■ **Exercise inputs**
§ §

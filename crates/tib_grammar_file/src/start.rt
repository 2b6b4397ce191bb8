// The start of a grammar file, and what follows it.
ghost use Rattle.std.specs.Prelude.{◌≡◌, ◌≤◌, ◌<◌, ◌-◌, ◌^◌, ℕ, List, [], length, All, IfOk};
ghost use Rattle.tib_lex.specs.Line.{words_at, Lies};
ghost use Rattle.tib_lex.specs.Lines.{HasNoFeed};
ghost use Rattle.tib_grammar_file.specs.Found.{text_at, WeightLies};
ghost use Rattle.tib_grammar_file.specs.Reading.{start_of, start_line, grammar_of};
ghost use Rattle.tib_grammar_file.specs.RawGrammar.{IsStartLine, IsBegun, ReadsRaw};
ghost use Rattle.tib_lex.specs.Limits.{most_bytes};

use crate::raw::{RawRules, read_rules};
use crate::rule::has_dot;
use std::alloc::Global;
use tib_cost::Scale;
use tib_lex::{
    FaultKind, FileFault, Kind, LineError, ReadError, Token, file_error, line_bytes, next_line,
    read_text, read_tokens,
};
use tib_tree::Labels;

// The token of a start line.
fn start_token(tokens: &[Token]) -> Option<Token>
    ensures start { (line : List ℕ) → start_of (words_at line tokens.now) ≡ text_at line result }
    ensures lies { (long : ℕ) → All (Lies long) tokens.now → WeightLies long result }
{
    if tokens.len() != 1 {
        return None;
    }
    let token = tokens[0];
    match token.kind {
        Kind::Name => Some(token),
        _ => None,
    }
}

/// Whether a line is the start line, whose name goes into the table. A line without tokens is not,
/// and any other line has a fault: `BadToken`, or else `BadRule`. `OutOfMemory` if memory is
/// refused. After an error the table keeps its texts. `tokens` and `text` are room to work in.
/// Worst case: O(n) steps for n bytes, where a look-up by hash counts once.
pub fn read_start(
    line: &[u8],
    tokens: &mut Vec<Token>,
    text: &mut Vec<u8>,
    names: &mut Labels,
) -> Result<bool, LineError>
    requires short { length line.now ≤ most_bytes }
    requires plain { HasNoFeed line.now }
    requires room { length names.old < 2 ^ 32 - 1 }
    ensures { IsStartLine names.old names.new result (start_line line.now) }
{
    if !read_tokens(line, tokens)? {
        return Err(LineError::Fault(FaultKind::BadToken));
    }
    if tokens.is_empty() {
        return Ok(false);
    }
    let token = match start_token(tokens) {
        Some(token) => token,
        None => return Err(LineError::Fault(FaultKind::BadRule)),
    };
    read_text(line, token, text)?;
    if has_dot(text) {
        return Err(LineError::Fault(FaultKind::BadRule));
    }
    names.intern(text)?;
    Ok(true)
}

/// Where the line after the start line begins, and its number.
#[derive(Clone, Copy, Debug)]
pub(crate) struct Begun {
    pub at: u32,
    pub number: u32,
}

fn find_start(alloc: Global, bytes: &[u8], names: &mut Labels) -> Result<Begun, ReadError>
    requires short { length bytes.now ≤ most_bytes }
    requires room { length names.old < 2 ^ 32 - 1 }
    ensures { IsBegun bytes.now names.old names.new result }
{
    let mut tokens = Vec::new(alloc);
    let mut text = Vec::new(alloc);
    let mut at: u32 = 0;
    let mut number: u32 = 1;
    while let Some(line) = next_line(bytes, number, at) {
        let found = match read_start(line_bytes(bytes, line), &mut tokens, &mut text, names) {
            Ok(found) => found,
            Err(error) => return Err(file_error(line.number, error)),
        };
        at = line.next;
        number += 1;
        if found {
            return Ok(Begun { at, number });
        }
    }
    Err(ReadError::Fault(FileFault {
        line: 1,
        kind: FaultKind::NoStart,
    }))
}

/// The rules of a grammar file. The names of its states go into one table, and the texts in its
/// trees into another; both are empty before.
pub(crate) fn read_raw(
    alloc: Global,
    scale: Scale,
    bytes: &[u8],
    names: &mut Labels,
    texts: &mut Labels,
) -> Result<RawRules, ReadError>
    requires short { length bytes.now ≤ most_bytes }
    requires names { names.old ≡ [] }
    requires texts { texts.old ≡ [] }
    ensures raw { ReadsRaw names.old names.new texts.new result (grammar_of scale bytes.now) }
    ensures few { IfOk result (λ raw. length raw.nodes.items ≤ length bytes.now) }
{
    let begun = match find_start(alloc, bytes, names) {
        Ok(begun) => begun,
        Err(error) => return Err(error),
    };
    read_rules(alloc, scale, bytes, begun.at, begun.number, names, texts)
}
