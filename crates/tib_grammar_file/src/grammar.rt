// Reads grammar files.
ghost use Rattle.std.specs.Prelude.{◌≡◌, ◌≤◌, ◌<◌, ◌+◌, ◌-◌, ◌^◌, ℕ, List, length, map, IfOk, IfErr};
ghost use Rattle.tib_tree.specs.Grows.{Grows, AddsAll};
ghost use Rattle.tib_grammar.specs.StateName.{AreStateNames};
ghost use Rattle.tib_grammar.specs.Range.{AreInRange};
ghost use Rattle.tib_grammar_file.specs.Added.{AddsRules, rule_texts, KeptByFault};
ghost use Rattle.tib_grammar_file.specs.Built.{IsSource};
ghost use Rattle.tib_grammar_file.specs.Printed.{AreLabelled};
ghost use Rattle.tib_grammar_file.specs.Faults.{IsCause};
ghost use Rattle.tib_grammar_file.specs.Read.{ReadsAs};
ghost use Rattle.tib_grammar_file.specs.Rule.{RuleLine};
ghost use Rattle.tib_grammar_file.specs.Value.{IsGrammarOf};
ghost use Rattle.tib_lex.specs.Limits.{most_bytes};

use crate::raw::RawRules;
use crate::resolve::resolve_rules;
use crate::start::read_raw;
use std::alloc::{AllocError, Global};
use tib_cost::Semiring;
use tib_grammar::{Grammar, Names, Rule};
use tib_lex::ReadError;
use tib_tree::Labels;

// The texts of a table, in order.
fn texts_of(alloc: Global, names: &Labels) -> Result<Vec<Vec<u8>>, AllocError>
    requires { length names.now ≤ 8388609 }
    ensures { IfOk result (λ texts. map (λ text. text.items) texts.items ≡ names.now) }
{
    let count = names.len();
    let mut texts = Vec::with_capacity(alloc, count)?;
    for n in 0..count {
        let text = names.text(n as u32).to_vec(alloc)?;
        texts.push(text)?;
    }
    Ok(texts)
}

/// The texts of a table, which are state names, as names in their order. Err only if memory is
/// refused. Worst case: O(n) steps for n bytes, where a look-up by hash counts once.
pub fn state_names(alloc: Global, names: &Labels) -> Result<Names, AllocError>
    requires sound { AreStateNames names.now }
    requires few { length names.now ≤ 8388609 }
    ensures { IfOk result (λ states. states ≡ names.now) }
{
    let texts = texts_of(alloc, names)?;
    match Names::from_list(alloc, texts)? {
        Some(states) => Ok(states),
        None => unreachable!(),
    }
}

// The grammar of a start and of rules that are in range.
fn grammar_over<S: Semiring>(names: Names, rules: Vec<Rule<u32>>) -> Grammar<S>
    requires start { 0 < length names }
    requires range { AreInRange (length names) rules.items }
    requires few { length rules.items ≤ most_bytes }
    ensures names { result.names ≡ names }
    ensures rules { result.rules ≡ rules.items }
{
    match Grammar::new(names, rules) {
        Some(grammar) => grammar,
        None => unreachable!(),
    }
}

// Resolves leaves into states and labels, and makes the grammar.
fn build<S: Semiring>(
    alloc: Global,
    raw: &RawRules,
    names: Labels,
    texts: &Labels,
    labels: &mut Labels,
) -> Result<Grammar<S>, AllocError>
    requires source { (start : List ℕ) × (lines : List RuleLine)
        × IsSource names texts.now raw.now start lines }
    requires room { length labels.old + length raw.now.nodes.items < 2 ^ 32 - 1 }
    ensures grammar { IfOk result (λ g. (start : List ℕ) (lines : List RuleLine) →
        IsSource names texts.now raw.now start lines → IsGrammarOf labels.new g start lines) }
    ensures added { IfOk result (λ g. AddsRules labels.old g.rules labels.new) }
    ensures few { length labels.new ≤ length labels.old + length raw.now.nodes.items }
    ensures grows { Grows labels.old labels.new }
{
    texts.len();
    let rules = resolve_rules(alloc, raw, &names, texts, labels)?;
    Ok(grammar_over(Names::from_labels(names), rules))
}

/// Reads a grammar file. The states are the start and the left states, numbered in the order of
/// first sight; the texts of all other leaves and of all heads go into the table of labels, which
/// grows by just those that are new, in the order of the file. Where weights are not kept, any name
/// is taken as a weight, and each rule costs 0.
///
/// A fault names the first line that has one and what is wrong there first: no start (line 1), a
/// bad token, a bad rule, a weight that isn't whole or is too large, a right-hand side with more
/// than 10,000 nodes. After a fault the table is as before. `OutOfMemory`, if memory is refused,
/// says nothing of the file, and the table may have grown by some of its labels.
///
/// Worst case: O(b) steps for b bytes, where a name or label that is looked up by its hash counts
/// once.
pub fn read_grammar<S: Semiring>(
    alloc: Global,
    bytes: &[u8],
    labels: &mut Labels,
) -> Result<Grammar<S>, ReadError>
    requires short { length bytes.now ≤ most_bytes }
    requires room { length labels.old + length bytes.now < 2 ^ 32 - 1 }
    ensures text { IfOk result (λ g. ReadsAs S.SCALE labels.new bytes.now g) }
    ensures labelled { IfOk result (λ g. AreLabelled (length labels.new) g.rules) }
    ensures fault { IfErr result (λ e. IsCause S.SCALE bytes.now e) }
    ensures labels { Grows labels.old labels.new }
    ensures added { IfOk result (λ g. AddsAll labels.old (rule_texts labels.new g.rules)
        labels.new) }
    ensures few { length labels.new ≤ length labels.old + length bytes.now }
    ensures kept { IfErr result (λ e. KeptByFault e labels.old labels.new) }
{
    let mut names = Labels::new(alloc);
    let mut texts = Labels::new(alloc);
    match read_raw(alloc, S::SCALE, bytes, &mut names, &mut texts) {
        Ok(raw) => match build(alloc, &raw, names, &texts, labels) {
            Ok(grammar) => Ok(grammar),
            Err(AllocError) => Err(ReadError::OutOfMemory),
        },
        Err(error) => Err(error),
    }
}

§ §

■ **Task prompt**
The lines of the records that contain the string "what" should be located and copied.

■ **Answer to the problem**
// The start of a grammar file, and what follows it.
/// A fault names the first line that has one and what is wrong there first: no start (line 1), a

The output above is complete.